- TASK PROMPT
Keeping each line intact, print the whole listing.

- RECORDS TO PROCESS
= Beginning of Section =

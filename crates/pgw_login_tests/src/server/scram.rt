//! An honest client's login by SCRAM-SHA-256 at a server's core, however its bytes are cut.

use crate::server::servers::{Asks, server_says};
use crate::server::support::Said;
use bytes::BytesMut;
use pgw_frontend::frontend::PgWireFrontendMessage;
use pgw_login::client_info::METADATA_USER;
use pgw_scram::client::{
    ScramClientAuth, ScramClientAuthWaitingForServerFinal, ScramClientAuthWaitingForServerFirst,
};
use pgw_startup::password::PasswordMessageFamily;
use pgw_startup::sasl::{SASLInitialResponse, SASLResponse};
use pgw_startup::startup::Startup;
use pgw_types::error::PgWireResult;
use pgw_types::memory::OutOfMemory;
use pgw_types::octets::Octets;
use pgw_types::text::Text;
use std::alloc::Global;
use std::process::Abort;
use std::test::Fail;

// How many bytes AuthenticationSASL with its one method has.
const OFFER: usize = 24;

fn startup(alloc: Global) -> Result<PgWireFrontendMessage, OutOfMemory> {
    let name = Text::from_str(alloc, METADATA_USER)?;
    let user = Text::from_str(alloc, "bob")?;
    let mut startup = Startup::new(alloc);
    startup.parameters.insert(name, user)?;
    Ok(PgWireFrontendMessage::Startup(startup))
}

fn first(alloc: Global, text: &str) -> Result<PgWireFrontendMessage, OutOfMemory> {
    let method = Text::from_str(alloc, "SCRAM-SHA-256")?;
    let payload = Octets::from_slice(alloc, text.as_bytes())?;
    let response = SASLInitialResponse::new(method, Some(payload));
    let message = PasswordMessageFamily::SASLInitialResponse(response);
    Ok(PgWireFrontendMessage::PasswordMessageFamily(message))
}

fn further(alloc: Global, text: &str) -> Result<PgWireFrontendMessage, OutOfMemory> {
    let payload = Octets::from_slice(alloc, text.as_bytes())?;
    let message = PasswordMessageFamily::SASLResponse(SASLResponse::new(payload));
    Ok(PgWireFrontendMessage::PasswordMessageFamily(message))
}

fn put(
    bytes: &mut BytesMut,
    message: Result<PgWireFrontendMessage, OutOfMemory>,
) -> PgWireResult<()> {
    message?.encode(bytes)
}

// The text of the message of a server that stands there, behind its type, its length and its code.
fn text_at(out: &[u8], at: usize) -> &[u8] {
    let message = out.get(at..).unwrap_or(&[]);
    match message.get(4) {
        Some(length) => message.get(9..usize::from(*length) + 1).unwrap_or(&[]),
        None => &[],
    }
}

fn client(alloc: Global) -> Result<ScramClientAuth, OutOfMemory> {
    let name = Text::from_str(alloc, "bob")?;
    Ok(ScramClientAuth::new(name, Text::from_str(alloc, "pencil")?))
}

// Puts out the startup message and the client's first message of SCRAM.
fn begin(
    alloc: Global,
    bytes: &mut BytesMut,
) -> Result<ScramClientAuthWaitingForServerFirst, Fail> {
    put(bytes, startup(alloc))?;
    let (text, client) = client(alloc)?.build_client_first(alloc, &[0; 18])?;
    put(bytes, first(alloc, text.as_str()))?;
    Ok(client)
}

// Puts out the client's last message of SCRAM, which it makes of what the server said.
fn end(
    alloc: Global,
    client: ScramClientAuthWaitingForServerFirst,
    said: &[u8],
    bytes: &mut BytesMut,
) -> Result<ScramClientAuthWaitingForServerFinal, Fail> {
    let (text, client) = client.build_client_final(alloc, text_at(said, OFFER))?;
    put(bytes, further(alloc, text.as_str()))?;
    Ok(client)
}

fn heard<R: Abort>(rt: &R, alloc: Global, bytes: &BytesMut, cut: usize) -> Result<Said, Fail> {
    Ok(server_says(rt, alloc, Asks::Scram, bytes.as_slice(), cut)?)
}

// Puts out all that the client sends; how many bytes the server said before the last message, and the client behind it.
fn sent<R: Abort>(
    rt: &R,
    alloc: Global,
    cut: usize,
    bytes: &mut BytesMut,
) -> Result<(usize, ScramClientAuthWaitingForServerFinal), Fail> {
    let client = begin(alloc, bytes)?;
    let said = heard(rt, alloc, bytes, cut)?;
    let client = end(alloc, client, said.out.as_slice(), bytes)?;
    Ok((said.out.len(), client))
}

// What the server answers to all that the client sends, and whether the client then finds that it knows the password.
fn answered<R: Abort>(
    rt: &R,
    alloc: Global,
    cut: usize,
    bytes: &mut BytesMut,
) -> Result<(String, bool), Fail> {
    let (count, client) = sent(rt, alloc, cut, bytes)?;
    let said = heard(rt, alloc, bytes, cut)?;
    let last = text_at(said.out.as_slice(), count);
    let is_known = client.verify_server_final(alloc, last).is_ok();
    drop(client);
    Ok((said.answer, is_known))
}

fn log_in<R: Abort>(rt: &R, alloc: Global, cut: usize) -> Result<(String, bool), Fail> {
    let mut bytes = BytesMut::new(alloc);
    answered(rt, alloc, cut, &mut bytes)
}

#[test]
fn scram_login(rt: HostRuntime) -> Result<(), Fail> {
    for cut in [1, 7, 1000] {
        let (answer, is_known) = log_in(&rt, rt.alloc(), cut)?;
        assert_eq!(rt; (answer.as_str(), is_known), ("finished", true));
    }
    Ok(())
}
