//! Files of passwords.
use pgw_secrets::password_file::{PasswordFile, is_open_to_others};
use std::process::Abort;
use std::test::Fail;

// A file of which each line tells something.
const FILE: &[u8] = b"#*:*:*:*:comment\n\
\n\
three:colons:only\n\
db.example:5432:sales:bob:s1\n\
db.example:5433:*:bob:s2\r\n\
*:*:a\\:b:*:colon\\:and\\\\backslash\n\
\\*:*:*:star:escaped\n\
*:*:*:ann:first:with:colons\n\
*:*:*:ann:second\n\
*:*:*:tail:back\\\n\
*:*:*::nobody\n\
*:*:*:cr:\r\r\n\
last:1:*:*:no line feed\r";

// Host, port, database and user, and the password, or none.
const ASKED: &[(&str, u16, &str, &str, Option<&[u8]>)] = &[
    ("db.example", 5432, "sales", "bob", Some(b"s1")),
    ("db.example", 5433, "sales", "bob", Some(b"s2")),
    ("db.example", 5434, "sales", "bob", None),
    ("x", 1, "a:b", "zoe", Some(b"colon:and\\backslash")),
    ("*", 1, "d", "star", Some(b"escaped")),
    ("x", 1, "d", "star", None),
    ("x", 1, "d", "ann", Some(b"first:with:colons")),
    ("x", 1, "d", "tail", Some(b"back")),
    ("x", 1, "d", "", Some(b"nobody")),
    ("x", 1, "d", "cr", Some(b"\r")),
    ("last", 1, "d", "zoe", Some(b"no line feed")),
    ("last", 10, "d", "zoe", None),
];

fn check_look_ups<R: Abort>(rt: &R, file: &PasswordFile) {
    for (host, port, database, user, wanted) in ASKED {
        let found = file
            .lookup(host, *port, database, user)
            .map(|password| password.as_slice());
        assert_eq!(rt; found, *wanted, "{host} {user}");
    }
}

#[test]
fn look_ups(rt: HostRuntime) -> Result<(), Fail> {
    let file = PasswordFile::read(rt.alloc(), FILE)?;
    check_look_ups(&rt, &file);
    Ok(())
}

// A mode, and whether others than the owner may read or write.
const MODES: &[(u32, bool)] = &[
    (0o100600, false),
    (0o100400, false),
    (0o100640, true),
    (0o100604, true),
    (0o100660, true),
    (0o100000, false),
];

#[test]
fn modes(rt: HostRuntime) {
    for (mode, wanted) in MODES {
        assert_eq!(rt; is_open_to_others(*mode), *wanted, "{mode:o}");
    }
}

= End of Section =

- TASK ANSWER
filename crates/pgw_login_tests/src/server/scram.rt
//! An honest client's login by SCRAM-SHA-256 at a server's core, however its bytes are cut.

use crate::server::servers::{Asks, server_says};
use crate::server::support::Said;
use bytes::BytesMut;
use pgw_frontend::frontend::PgWireFrontendMessage;
use pgw_login::client_info::METADATA_USER;
use pgw_scram::client::{
    ScramClientAuth, ScramClientAuthWaitingForServerFinal, ScramClientAuthWaitingForServerFirst,
};
use pgw_startup::password::PasswordMessageFamily;
use pgw_startup::sasl::{SASLInitialResponse, SASLResponse};
use pgw_startup::startup::Startup;
use pgw_types::error::PgWireResult;
use pgw_types::memory::OutOfMemory;
use pgw_types::octets::Octets;
use pgw_types::text::Text;
use std::alloc::Global;
use std::process::Abort;
use std::test::Fail;

// How many bytes AuthenticationSASL with its one method has.
const OFFER: usize = 24;

fn startup(alloc: Global) -> Result<PgWireFrontendMessage, OutOfMemory> {
    let name = Text::from_str(alloc, METADATA_USER)?;
    let user = Text::from_str(alloc, "bob")?;
    let mut startup = Startup::new(alloc);
    startup.parameters.insert(name, user)?;
    Ok(PgWireFrontendMessage::Startup(startup))
}

fn first(alloc: Global, text: &str) -> Result<PgWireFrontendMessage, OutOfMemory> {
    let method = Text::from_str(alloc, "SCRAM-SHA-256")?;
    let payload = Octets::from_slice(alloc, text.as_bytes())?;
    let response = SASLInitialResponse::new(method, Some(payload));
    let message = PasswordMessageFamily::SASLInitialResponse(response);
    Ok(PgWireFrontendMessage::PasswordMessageFamily(message))
}

fn further(alloc: Global, text: &str) -> Result<PgWireFrontendMessage, OutOfMemory> {
    let payload = Octets::from_slice(alloc, text.as_bytes())?;
    let message = PasswordMessageFamily::SASLResponse(SASLResponse::new(payload));
    Ok(PgWireFrontendMessage::PasswordMessageFamily(message))
}

fn put(
    bytes: &mut BytesMut,
    message: Result<PgWireFrontendMessage, OutOfMemory>,
) -> PgWireResult<()> {
    message?.encode(bytes)
}

// The text of the message of a server that stands there, behind its type, its length and its code.
fn text_at(out: &[u8], at: usize) -> &[u8] {
    let message = out.get(at..).unwrap_or(&[]);
    match message.get(4) {
        Some(length) => message.get(9..usize::from(*length) + 1).unwrap_or(&[]),
        None => &[],
    }
}

fn client(alloc: Global) -> Result<ScramClientAuth, OutOfMemory> {
    let name = Text::from_str(alloc, "bob")?;
    Ok(ScramClientAuth::new(name, Text::from_str(alloc, "pencil")?))
}

// Puts out the startup message and the client's first message of SCRAM.
fn begin(
    alloc: Global,
    bytes: &mut BytesMut,
) -> Result<ScramClientAuthWaitingForServerFirst, Fail> {
    put(bytes, startup(alloc))?;
    let (text, client) = client(alloc)?.build_client_first(alloc, &[0; 18])?;
    put(bytes, first(alloc, text.as_str()))?;
    Ok(client)
}

// Puts out the client's last message of SCRAM, which it makes of what the server said.
fn end(
    alloc: Global,
    client: ScramClientAuthWaitingForServerFirst,
    said: &[u8],
    bytes: &mut BytesMut,
) -> Result<ScramClientAuthWaitingForServerFinal, Fail> {
    let (text, client) = client.build_client_final(alloc, text_at(said, OFFER))?;
    put(bytes, further(alloc, text.as_str()))?;
    Ok(client)
}

fn heard<R: Abort>(rt: &R, alloc: Global, bytes: &BytesMut, cut: usize) -> Result<Said, Fail> {
    Ok(server_says(rt, alloc, Asks::Scram, bytes.as_slice(), cut)?)
}

// Puts out all that the client sends; how many bytes the server said before the last message, and the client behind it.
fn sent<R: Abort>(
    rt: &R,
    alloc: Global,
    cut: usize,
    bytes: &mut BytesMut,
) -> Result<(usize, ScramClientAuthWaitingForServerFinal), Fail> {
    let client = begin(alloc, bytes)?;
    let said = heard(rt, alloc, bytes, cut)?;
    let client = end(alloc, client, said.out.as_slice(), bytes)?;
    Ok((said.out.len(), client))
}

// What the server answers to all that the client sends, and whether the client then finds that it knows the password.
fn answered<R: Abort>(
    rt: &R,
    alloc: Global,
    cut: usize,
    bytes: &mut BytesMut,
) -> Result<(String, bool), Fail> {
    let (count, client) = sent(rt, alloc, cut, bytes)?;
    let said = heard(rt, alloc, bytes, cut)?;
    let last = text_at(said.out.as_slice(), count);
    let is_known = client.verify_server_final(alloc, last).is_ok();
    drop(client);
    Ok((said.answer, is_known))
}

fn log_in<R: Abort>(rt: &R, alloc: Global, cut: usize) -> Result<(String, bool), Fail> {
    let mut bytes = BytesMut::new(alloc);
    answered(rt, alloc, cut, &mut bytes)
}

#[test]
fn scram_login(rt: HostRuntime) -> Result<(), Fail> {
    for cut in [1, 7, 1000] {
        let (answer, is_known) = log_in(&rt, rt.alloc(), cut)?;
        assert_eq!(rt; (answer.as_str(), is_known), ("finished", true));
    }
    Ok(())
}
//! Files of passwords.
use pgw_secrets::password_file::{PasswordFile, is_open_to_others};
use std::process::Abort;
use std::test::Fail;

// A file of which each line tells something.
const FILE: &[u8] = b"#*:*:*:*:comment\n\
\n\
three:colons:only\n\
db.example:5432:sales:bob:s1\n\
db.example:5433:*:bob:s2\r\n\
*:*:a\\:b:*:colon\\:and\\\\backslash\n\
\\*:*:*:star:escaped\n\
*:*:*:ann:first:with:colons\n\
*:*:*:ann:second\n\
*:*:*:tail:back\\\n\
*:*:*::nobody\n\
*:*:*:cr:\r\r\n\
last:1:*:*:no line feed\r";

// Host, port, database and user, and the password, or none.
const ASKED: &[(&str, u16, &str, &str, Option<&[u8]>)] = &[
    ("db.example", 5432, "sales", "bob", Some(b"s1")),
    ("db.example", 5433, "sales", "bob", Some(b"s2")),
    ("db.example", 5434, "sales", "bob", None),
    ("x", 1, "a:b", "zoe", Some(b"colon:and\\backslash")),
    ("*", 1, "d", "star", Some(b"escaped")),
    ("x", 1, "d", "star", None),
    ("x", 1, "d", "ann", Some(b"first:with:colons")),
    ("x", 1, "d", "tail", Some(b"back")),
    ("x", 1, "d", "", Some(b"nobody")),
    ("x", 1, "d", "cr", Some(b"\r")),
    ("last", 1, "d", "zoe", Some(b"no line feed")),
    ("last", 10, "d", "zoe", None),
];

fn check_look_ups<R: Abort>(rt: &R, file: &PasswordFile) {
    for (host, port, database, user, wanted) in ASKED {
        let found = file
            .lookup(host, *port, database, user)
            .map(|password| password.as_slice());
        assert_eq!(rt; found, *wanted, "{host} {user}");
    }
}

#[test]
fn look_ups(rt: HostRuntime) -> Result<(), Fail> {
    let file = PasswordFile::read(rt.alloc(), FILE)?;
    check_look_ups(&rt, &file);
    Ok(())
}

// A mode, and whether others than the owner may read or write.
const MODES: &[(u32, bool)] = &[
    (0o100600, false),
    (0o100400, false),
    (0o100640, true),
    (0o100604, true),
    (0o100660, true),
    (0o100000, false),
];

#[test]
fn modes(rt: HostRuntime) {
    for (mode, wanted) in MODES {
        assert_eq!(rt; is_open_to_others(*mode), *wanted, "{mode:o}");
    }
}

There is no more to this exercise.